# Meta Analysis of selected categories identified the systematic literature review

In this file we showcase how the coded data from the literature review could be used to do an quantitative meta analysis. The results are not presented in the final work.

## Important data

In [None]:
import pandas as pd

from src.data.make_dataset import create_data_set
from src.features.build_features import analyse_dimension

In [None]:
data = pd.read_csv("../data/interim/combined_data.csv")

## Meta Analysis Data Quality

### Identify dimensions for analysis

In [None]:
import re 

def identify_dimensions(data, regex):
    columns = [x for x in data.columns.tolist() if re.match(regex, x)] 
    count = data[columns].count().sort_values(ascending = False)
    return count[count >= 5]

In [None]:
identify_dimensions(data, "mobile_(?!participant|design).*")

In [None]:
identify_dimensions(data, "mobile_participants_.*")

### Examplary meta analysis

#### Completion time

In [None]:
completion_time = create_data_set(data, "mobile_completion_time_higher")

In [None]:
analyse_dimension(data, "mobile_completion_time_higher")

Our first research focus is the completion time of surveys on mobile phones compared to personal computers. In 21 surveys, there was statistically significant evidence that completion time is higher on mobile devices than on personal computers. In eight surveys, this hypothesis could not be verified. The evidence for the longest completion time of the survey on the smartphone is substantial. However, an interesting observation is that we could not verify the hypothesis for all surveys, where we know if they are optimised for mobile survey taking. This observation could indicate a change in completion time if the surveys are better designed for mobile devices.

#### Breakoff rate

In [None]:
breakoff_rate = create_data_set(data, "mobile_breakoff_rate_higher")

In [None]:
analyse_dimension(data, "mobile_breakoff_rate_higher")


Secondly, we will analyse the Breakoff rate of mobile surveys compared to PC surveys. We can see that 7 of 10 articles could validate the hypothesis that the breakoff rate is significantly higher on a smartphone than on a PC. There were no obvious patterns of the survey setups that could not validate this hypothesis. So that we interpret the evidence to be accurate, this could be caused by more multitasking and other deviations for mobile users. Another theory could be the shorter attention span of a mobile user, which lead to faster frustration and, therefore, faster breakoff. Another important is optimising mobile survey taking again since this can reduce the breakoff rate. 

#### Missing item rate

In [None]:
missing_item_rate = create_data_set(data, "mobile_missing_items_rate_higher")

In [None]:
analyse_dimension(data, "mobile_missing_items_rate_higher")
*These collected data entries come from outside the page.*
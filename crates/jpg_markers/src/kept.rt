//! The markers of a file that are kept (T.81, B.2.4.5, Figure B.10; B.2.4.6, Figure B.11).
ghost use Rattle.std.specs.Prelude.{◌≡◌, ◌≤◌, ◌<◌, [], ◌∷◌, ◌++◌, length, take, slice_get, Some, IfSome, IfNone, OnOk, OnErr};
ghost use Rattle.jpg_spec_write.specs.FileText.{kept_text, segment_text};
ghost use Rattle.jpg_markers.specs.Kept.{AreSegments, IsKeptSegment, kept_pair, segment_at, segments_of, with_byte_at};

use jpg_base::NoMemory;
use std::alloc::Global;
use std::marker::Model;

/// A marker segment that is kept: its code, APPn (E0 to EF) or COM (FE), and its contents, which the list lends.
#[derive(Drop)]
pub struct Kept<'a> {
    pub code: u8,
    pub contents: &'a [u8],
}

/// Kept markers, seen as the list of their codes and contents, the oldest first. Each is APPn or COM
/// and has at most 65,533 bytes. In memory they are one list of bytes, as in a file: each takes four
/// bytes and its contents.
#[derive(Drop)]
pub struct KeptList {
    bytes: Vec<u8>,
    count: usize,
}

impl Model for KeptList {
    ghost use Rattle.std.specs.Prelude.{List, ℕ, ◌≡◌, length};
    ghost use Rattle.jpg_markers.specs.Kept.{AreSegments, segments_of};

    ghost Value = { List (ℕ × List ℕ) };

    ghost view = { λ l. segments_of l.bytes.items };

    ghost invariant = { λ l. AreSegments l.bytes.items × (l.count ≡ length (segments_of l.bytes.items)) };
}

/// Kept markers that are read one after another, seen as the list of those that are left.
#[derive(Drop)]
pub struct KeptRest<'a> {
    bytes: &'a [u8],
}

impl<'a> Model for KeptRest<'a> {
    ghost use Rattle.std.specs.Prelude.{List, ℕ};
    ghost use Rattle.jpg_markers.specs.Kept.{AreSegments, segments_of};

    ghost Value = { List (ℕ × List ℕ) };

    ghost view = { λ r. segments_of r.bytes.now };

    ghost invariant = { λ r. AreSegments r.bytes.now };
}

// Appends a segment, as it is in a file. At `NoMemory` nothing has changed.
fn put_segment(bytes: &mut Vec<u8>, code: u8, contents: &[u8]) -> Result<(), NoMemory>
    requires { length contents.now ≤ 65533 }
    ensures put { OnOk result (bytes.new.items ≡ bytes.old.items ++ segment_text code contents.now) }
    ensures same { OnErr result (bytes.new.items ≡ bytes.old.items) }
{
    let before = bytes.len();
    let [high, low] = (contents.len() as u16 + 2).to_be_bytes();
    if bytes.extend_from_slice(&[0xff, code, high, low]).is_err() {
        return Err(NoMemory);
    }
    if bytes.extend_from_slice(contents).is_err() {
        bytes.truncate(before);
        return Err(NoMemory);
    }
    Ok(())
}

// The segment at the front, and the bytes after it.
fn first(bytes: &[u8]) -> (Kept<'_>, &[u8])
    requires segments { AreSegments bytes.now }
    requires some { 1 ≤ length bytes.now }
    ensures first { segments_of bytes.now ≡ kept_pair result.0 ∷ segments_of result.1.now }
    ensures kept { IsKeptSegment result.0.code result.0.contents.now }
    ensures rest { AreSegments result.1.now }
{
    let end = usize::from(u16::from_be_bytes([bytes[2], bytes[3]])) + 2;
    let marker = Kept {
        code: bytes[1],
        contents: &bytes[4..end],
    };
    (marker, &bytes[end..])
}

impl KeptList {
    /// The empty list. It takes no memory yet.
    #[tactic(auto, using(crate::proofs::KeptBytes::none_yet))]
    pub fn new(alloc: Global) -> KeptList
        ensures { result ≡ [] }
    {
        KeptList {
            bytes: Vec::new(alloc),
            count: 0,
        }
    }

    /// Adds a marker, APPn (E0 to EF) or COM (FE), with at most 65,533 bytes. At `NoMemory` nothing
    /// has changed.
    pub fn push(&mut self, code: u8, contents: &[u8]) -> Result<(), NoMemory>
        requires { IsKeptSegment code contents.now }
        ensures pushed { OnOk result (self.new ≡ self.old ++ (code, contents.now) ∷ []) }
        ensures same { OnErr result (self.new ≡ self.old) }
    {
        match put_segment(&mut self.bytes, code, contents) {
            Ok(()) => {
                self.count += 1;
                Ok(())
            }
            Err(NoMemory) => Err(NoMemory),
        }
    }

    /// How many markers there are.
    pub fn len(&self) -> usize
        ensures { result ≡ length self.now }
    {
        self.count
    }

    /// The marker at index `i`, from 0. It is found by those before it: `markers` reads them all in
    /// one way.
    pub fn get(&self, i: usize) -> Kept<'_>
        requires { i < length self.now }
        ensures value { slice_get self.now i ≡ Some (kept_pair result) }
        ensures kept { IsKeptSegment result.code result.contents.now }
    {
        let mut rest = self.bytes.as_slice();
        for _ in 0..i {
            rest = first(rest).1;
        }
        first(rest).0
    }

    // Where the segment at index `i` begins among the bytes.
    fn start_of(&self, i: usize) -> usize
        requires { i < length self.now }
        ensures { result ≡ length (kept_text (take i self.now)) }
    {
        let mut rest = self.bytes.as_slice();
        for _ in 0..i {
            rest = first(rest).1;
        }
        self.bytes.len() - rest.len()
    }

    /// Puts a byte into the contents of the marker at index `i`, at this place. All other bytes are as they were.
    pub fn set_byte(&mut self, i: usize, place: usize, value: u8)
        requires index { i < length self.old }
        requires place { place < length (segment_at self.old i).1 }
        ensures { self.new ≡ with_byte_at i place value self.old }
    {
        let at = self.start_of(i) + 4 + place;
        self.bytes[at] = value;
    }

    /// All markers, the oldest first.
    pub fn markers(&self) -> KeptRest<'_>
        ensures { result ≡ self.now }
    {
        KeptRest {
            bytes: self.bytes.as_slice(),
        }
    }
}

impl<'a> KeptRest<'a> {
    /// The next marker, None after the last.
    pub fn next(&mut self) -> Option<Kept<'a>>
        ensures next { IfSome result (λ k. self.old ≡ kept_pair k ∷ self.new) }
        ensures kept { IfSome result (λ k. IsKeptSegment k.code k.contents.now) }
        ensures end { IfNone result (self.old ≡ []) }
        ensures same { IfNone result (self.new ≡ []) }
    {
        if self.bytes.is_empty() {
            return None;
        }
        let (marker, rest) = first(self.bytes);
        self.bytes = rest;
        Some(marker)
    }
}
A third point is the missing items. We want to investigate the hypothesis that the rate of the missing item is higher on surveys taken on smartphones than on PC. We found mixed evidence for this hypothesis as five times the hypothesis was not supported and six times the hypothesis was supported. An interesting pattern is observable in the countries of survey operation. We have Germany and Netherland, where the hypothesis was two times validated, and Spain and USA, where the hypothesis was validated and not supported. In South Korea and the UK, it was not supported. This result could indicate a dependence on the users' country and mobile device sophistication. This theory would need more research.

#### Age of mobile participants

In [None]:
age = create_data_set(data, "mobile_participants_younger")

In [None]:
analyse_dimension(data, "mobile_participants_younger")

Another one is the age of mobile participants. There is strong evidence that people who decide to access online surveys via smartphone are younger than people who have a PC. 13 Survey could support this hypothesis, and only one could not support this. This result seems to fit the general trend of higher smartphone usage by younger adults.

#### Gender of mobile user

In [None]:
gender = create_data_set(data, "mobile_participants_more_female")

In [None]:
analyse_dimension(data, "mobile_participants_more_female")

When analysing the gender of the smartphone participants in web surveys, we have mixed results. Eight surveys could support the hypothesis that females use smartphones more often to access surveys online and, five could not support the hypothesis. Two surveys supported the hypothesis that more male users used smartphones to access surveys. While the evidence indicated more female than male users, it cannot be proven with statistical significance. We did not identify strong trends regarding countries or target groups. As the last survey was operated in 2017, these results need an update to adapt to current conditions. 

#### Education level of mobile user

In [None]:
education = create_data_set(data, "mobile_participant_education_higher")

In [None]:
analyse_dimension(data, "mobile_participant_education_higher")

Another dimension we analyse is the education level of people using smartphones to access the online survey. We have four surveys that do not support the hypothesis and two that do not support this theory. We do not have enough data to find patterns in the operation terms of these surveys. It is not clear if this effect is still relevant, as the last survey was operated in 2015.

This section marks the end of the file. One could use the extracted results to extend the analysis to other categories or do a more quantitative meta-analysis. This project would be an endeavour for a subsequent research project.